— RECORD SET —
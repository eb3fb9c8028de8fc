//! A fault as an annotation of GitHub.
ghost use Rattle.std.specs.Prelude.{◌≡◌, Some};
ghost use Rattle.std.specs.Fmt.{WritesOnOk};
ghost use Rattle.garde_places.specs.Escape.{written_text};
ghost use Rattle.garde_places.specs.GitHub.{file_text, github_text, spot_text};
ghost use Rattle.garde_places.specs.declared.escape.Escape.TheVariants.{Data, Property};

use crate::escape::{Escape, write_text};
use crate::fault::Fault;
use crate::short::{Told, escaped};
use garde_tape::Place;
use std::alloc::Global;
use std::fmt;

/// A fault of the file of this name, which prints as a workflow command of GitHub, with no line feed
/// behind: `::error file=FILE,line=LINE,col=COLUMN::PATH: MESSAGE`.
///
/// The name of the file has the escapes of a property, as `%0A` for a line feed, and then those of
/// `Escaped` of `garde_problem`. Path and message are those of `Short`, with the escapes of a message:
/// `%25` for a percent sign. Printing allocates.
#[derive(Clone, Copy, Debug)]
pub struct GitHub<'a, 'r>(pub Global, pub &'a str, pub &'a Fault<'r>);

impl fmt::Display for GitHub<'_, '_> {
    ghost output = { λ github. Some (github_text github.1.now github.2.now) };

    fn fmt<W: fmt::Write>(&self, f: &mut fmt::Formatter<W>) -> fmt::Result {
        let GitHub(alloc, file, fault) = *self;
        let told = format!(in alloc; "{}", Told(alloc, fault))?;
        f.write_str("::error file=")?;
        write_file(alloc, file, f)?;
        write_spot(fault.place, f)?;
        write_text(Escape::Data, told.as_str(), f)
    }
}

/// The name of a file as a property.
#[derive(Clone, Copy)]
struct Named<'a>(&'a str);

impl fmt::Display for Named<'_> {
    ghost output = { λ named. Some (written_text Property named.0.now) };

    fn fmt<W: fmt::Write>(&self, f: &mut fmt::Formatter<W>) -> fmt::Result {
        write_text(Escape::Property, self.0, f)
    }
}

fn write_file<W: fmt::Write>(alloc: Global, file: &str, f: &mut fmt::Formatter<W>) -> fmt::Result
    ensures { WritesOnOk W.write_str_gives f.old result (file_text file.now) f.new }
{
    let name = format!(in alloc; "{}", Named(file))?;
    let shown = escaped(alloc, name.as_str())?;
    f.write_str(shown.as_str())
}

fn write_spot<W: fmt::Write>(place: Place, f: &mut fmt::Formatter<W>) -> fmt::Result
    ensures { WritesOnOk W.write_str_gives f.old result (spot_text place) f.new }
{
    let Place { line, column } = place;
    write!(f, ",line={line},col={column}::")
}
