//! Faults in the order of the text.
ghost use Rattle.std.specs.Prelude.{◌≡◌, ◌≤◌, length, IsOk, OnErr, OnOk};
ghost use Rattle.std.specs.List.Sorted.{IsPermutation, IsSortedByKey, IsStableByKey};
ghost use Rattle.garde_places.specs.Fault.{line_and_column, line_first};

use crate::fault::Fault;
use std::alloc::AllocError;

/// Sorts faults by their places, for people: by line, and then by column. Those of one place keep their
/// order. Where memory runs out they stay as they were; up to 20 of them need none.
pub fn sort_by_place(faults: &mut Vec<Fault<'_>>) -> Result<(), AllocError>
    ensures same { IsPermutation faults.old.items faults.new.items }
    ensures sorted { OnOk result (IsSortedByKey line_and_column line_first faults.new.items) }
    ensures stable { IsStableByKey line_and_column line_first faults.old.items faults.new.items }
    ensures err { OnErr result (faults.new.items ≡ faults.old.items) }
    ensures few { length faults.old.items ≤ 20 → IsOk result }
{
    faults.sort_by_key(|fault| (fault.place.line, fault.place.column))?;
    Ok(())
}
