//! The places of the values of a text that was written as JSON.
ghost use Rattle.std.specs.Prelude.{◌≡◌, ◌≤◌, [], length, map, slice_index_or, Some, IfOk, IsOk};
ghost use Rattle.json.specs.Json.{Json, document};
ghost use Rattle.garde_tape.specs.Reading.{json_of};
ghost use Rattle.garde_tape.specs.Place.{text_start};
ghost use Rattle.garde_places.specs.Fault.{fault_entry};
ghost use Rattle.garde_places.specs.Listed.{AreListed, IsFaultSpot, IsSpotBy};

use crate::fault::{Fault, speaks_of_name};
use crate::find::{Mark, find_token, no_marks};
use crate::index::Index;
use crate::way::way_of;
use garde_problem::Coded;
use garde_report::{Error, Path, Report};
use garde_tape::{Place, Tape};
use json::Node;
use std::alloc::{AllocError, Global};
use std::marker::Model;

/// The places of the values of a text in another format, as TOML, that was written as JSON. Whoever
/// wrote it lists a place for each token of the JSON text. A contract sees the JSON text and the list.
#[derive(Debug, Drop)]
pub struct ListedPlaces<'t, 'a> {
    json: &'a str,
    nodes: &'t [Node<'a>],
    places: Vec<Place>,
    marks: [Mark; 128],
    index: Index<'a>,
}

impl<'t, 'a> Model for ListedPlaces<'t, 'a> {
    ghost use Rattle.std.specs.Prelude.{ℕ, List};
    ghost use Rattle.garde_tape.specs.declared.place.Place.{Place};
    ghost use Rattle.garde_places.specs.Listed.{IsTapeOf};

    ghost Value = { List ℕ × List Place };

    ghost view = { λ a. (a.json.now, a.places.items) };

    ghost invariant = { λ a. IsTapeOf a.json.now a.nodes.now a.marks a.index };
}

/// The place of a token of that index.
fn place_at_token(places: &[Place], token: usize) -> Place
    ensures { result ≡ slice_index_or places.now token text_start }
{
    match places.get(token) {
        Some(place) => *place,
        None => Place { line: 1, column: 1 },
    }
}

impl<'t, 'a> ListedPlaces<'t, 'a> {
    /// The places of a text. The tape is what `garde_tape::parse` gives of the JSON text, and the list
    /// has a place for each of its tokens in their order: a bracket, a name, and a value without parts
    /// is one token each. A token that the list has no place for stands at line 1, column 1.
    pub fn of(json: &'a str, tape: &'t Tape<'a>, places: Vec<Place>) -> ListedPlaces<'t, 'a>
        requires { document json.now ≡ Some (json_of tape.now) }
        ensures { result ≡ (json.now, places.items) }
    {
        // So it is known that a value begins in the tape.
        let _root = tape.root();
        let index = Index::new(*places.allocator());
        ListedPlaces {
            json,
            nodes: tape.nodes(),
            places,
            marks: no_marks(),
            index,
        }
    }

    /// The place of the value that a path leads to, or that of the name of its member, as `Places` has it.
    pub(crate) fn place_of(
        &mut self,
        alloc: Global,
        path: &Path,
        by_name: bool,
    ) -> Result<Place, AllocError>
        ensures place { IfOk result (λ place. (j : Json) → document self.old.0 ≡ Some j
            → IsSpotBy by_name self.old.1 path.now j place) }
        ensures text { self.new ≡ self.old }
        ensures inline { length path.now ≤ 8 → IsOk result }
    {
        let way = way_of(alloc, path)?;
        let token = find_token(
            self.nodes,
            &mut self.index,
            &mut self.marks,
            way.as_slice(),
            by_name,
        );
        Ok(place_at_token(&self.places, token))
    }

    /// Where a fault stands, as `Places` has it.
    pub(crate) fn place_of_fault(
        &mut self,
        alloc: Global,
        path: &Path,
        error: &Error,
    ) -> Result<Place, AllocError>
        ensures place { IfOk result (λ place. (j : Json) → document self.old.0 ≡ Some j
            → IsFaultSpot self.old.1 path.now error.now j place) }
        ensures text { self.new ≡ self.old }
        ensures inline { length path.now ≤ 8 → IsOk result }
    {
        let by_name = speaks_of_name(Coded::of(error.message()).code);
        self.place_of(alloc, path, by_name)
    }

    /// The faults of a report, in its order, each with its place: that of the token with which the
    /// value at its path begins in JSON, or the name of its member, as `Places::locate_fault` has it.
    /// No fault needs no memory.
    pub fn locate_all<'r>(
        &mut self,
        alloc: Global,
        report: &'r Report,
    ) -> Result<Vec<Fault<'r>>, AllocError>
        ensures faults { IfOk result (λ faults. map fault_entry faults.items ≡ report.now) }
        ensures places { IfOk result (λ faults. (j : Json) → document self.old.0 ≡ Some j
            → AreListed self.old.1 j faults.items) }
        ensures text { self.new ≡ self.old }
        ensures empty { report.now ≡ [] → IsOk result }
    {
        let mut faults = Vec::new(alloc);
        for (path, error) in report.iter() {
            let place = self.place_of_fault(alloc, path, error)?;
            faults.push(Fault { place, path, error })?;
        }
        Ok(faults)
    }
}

— WORK TASK —
Among the lines above, find the ones containing "Display" and copy them.

— EXPECTED ANSWER —
impl fmt::Display for GitHub<'_, '_> {
impl fmt::Display for Named<'_> {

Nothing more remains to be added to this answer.